§ **EXERCISE GOAL**:
What must be returned is the number of lines in the records holding the word "AllocError", with no other text.

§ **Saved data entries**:
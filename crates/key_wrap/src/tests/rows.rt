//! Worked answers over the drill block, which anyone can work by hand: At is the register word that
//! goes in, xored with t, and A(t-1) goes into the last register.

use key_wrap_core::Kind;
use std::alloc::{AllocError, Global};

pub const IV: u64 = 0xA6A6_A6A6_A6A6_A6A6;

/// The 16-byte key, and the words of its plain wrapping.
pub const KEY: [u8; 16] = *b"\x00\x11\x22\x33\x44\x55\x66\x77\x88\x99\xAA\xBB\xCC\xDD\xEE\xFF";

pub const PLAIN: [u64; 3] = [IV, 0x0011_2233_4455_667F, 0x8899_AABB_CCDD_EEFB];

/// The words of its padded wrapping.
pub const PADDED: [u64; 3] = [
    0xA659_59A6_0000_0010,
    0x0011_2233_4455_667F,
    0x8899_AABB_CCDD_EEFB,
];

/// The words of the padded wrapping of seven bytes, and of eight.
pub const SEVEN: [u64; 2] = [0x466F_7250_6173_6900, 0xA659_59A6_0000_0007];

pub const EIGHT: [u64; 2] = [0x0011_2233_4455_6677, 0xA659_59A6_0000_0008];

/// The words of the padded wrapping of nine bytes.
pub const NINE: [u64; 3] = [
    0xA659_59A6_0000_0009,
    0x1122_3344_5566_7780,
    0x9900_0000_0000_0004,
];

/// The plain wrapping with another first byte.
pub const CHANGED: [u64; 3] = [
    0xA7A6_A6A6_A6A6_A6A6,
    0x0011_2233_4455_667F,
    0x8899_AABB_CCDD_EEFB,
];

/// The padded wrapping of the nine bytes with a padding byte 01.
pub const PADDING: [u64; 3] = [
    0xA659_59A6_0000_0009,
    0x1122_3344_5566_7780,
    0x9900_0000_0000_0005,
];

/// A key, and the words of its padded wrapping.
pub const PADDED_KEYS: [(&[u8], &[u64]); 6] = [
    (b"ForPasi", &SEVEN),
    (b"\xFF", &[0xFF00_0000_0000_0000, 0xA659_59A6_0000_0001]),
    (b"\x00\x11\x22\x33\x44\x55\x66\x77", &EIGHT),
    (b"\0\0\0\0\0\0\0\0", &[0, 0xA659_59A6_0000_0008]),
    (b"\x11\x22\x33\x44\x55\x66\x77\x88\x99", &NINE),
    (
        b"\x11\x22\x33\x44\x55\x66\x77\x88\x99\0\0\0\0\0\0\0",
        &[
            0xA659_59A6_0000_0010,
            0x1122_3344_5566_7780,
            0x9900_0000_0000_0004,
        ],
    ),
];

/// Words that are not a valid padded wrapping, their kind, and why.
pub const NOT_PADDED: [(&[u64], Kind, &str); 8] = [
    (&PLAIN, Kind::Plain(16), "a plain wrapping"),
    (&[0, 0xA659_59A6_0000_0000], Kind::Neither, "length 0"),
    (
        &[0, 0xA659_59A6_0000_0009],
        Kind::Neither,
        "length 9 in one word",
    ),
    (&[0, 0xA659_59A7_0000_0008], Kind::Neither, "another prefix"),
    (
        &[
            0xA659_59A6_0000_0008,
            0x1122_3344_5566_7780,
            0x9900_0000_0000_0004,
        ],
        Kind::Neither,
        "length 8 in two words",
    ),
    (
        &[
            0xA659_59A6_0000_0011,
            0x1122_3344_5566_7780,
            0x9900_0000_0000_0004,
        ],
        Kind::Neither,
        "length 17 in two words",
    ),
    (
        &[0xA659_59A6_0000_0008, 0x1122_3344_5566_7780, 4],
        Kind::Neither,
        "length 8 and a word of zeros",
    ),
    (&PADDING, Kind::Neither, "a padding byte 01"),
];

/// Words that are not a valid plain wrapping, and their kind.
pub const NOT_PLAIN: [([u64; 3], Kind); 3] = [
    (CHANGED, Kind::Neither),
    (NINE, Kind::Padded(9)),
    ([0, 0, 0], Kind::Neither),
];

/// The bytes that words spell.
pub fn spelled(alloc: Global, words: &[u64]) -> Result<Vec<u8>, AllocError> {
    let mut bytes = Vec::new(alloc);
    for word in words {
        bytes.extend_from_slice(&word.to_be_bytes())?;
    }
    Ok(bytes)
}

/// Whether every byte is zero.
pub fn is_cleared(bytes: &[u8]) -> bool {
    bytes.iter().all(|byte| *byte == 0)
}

---

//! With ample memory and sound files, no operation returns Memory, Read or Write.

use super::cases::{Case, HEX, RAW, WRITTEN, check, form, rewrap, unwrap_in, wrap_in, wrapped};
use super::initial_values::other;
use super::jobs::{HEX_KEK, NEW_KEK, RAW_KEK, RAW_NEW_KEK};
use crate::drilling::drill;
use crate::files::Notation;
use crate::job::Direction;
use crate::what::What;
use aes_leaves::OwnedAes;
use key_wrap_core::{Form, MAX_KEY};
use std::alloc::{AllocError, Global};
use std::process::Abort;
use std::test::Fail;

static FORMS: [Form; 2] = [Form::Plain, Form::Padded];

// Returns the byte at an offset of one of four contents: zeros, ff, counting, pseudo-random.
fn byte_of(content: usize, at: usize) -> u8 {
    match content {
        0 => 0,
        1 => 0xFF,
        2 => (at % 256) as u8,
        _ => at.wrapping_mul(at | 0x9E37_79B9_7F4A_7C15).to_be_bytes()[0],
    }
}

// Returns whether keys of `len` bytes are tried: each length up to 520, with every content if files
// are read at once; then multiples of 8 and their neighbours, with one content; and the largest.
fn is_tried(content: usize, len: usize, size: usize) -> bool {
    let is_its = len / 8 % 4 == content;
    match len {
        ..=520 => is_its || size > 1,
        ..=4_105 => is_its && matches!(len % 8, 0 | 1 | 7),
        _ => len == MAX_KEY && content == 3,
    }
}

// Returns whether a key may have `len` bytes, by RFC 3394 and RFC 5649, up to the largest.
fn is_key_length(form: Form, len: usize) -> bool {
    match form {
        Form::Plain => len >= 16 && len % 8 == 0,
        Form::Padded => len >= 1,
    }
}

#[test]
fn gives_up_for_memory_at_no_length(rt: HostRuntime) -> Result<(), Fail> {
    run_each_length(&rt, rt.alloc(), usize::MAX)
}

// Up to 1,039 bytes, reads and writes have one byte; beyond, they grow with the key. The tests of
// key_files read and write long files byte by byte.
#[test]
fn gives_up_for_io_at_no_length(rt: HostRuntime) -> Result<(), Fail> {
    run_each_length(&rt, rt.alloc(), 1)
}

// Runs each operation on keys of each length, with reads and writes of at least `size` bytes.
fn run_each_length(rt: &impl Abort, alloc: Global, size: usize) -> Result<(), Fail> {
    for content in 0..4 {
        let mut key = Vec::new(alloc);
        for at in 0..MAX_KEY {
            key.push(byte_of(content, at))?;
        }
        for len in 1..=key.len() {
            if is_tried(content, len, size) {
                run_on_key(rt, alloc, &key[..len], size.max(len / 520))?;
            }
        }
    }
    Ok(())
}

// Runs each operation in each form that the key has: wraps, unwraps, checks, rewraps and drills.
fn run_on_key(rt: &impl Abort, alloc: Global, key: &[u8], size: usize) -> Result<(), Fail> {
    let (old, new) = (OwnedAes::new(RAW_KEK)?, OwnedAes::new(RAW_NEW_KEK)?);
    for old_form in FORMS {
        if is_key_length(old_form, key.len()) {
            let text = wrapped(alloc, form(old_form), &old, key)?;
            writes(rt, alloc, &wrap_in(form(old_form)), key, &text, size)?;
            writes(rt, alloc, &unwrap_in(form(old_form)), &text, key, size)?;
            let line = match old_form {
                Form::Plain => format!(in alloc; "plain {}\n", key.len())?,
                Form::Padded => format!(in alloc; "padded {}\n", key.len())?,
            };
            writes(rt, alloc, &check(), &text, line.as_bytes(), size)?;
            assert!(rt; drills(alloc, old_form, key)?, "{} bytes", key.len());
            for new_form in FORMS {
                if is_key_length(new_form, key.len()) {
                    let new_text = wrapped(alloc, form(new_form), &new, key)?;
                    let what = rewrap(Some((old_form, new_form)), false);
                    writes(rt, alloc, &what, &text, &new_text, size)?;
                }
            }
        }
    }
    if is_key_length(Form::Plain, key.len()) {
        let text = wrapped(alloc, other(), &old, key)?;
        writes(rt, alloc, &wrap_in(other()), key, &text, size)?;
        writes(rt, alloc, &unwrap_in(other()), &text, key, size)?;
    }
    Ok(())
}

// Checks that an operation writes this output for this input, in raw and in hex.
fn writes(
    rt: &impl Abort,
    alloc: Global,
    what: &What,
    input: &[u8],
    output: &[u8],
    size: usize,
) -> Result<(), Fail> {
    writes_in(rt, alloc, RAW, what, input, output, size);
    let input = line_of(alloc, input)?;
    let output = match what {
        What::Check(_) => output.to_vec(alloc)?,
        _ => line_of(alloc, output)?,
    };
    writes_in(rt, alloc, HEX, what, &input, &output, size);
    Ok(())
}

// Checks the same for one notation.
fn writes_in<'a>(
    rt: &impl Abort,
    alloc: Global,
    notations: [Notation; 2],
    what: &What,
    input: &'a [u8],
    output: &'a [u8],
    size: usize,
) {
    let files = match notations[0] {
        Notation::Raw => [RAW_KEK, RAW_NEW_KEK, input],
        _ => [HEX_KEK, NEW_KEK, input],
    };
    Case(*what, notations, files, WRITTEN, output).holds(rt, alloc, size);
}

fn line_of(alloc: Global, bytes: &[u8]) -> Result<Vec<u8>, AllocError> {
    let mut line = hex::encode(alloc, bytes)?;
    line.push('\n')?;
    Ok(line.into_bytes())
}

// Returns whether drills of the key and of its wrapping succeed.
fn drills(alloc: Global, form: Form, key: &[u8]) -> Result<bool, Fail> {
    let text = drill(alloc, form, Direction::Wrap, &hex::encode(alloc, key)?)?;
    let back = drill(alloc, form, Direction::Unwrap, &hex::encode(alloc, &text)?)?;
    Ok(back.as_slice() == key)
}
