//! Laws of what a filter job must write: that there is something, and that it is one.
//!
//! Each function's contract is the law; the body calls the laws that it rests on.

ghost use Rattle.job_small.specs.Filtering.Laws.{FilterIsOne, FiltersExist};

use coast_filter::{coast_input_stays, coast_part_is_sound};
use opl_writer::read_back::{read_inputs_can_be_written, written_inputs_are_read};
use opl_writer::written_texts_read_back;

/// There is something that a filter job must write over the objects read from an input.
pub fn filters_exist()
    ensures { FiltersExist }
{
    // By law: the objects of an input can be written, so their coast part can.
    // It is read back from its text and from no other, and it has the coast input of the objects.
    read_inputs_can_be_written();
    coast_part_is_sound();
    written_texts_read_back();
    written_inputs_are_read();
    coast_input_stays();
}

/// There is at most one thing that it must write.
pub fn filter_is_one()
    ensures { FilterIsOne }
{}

§ **SOLUTION FOR THIS EXERCISE**:
4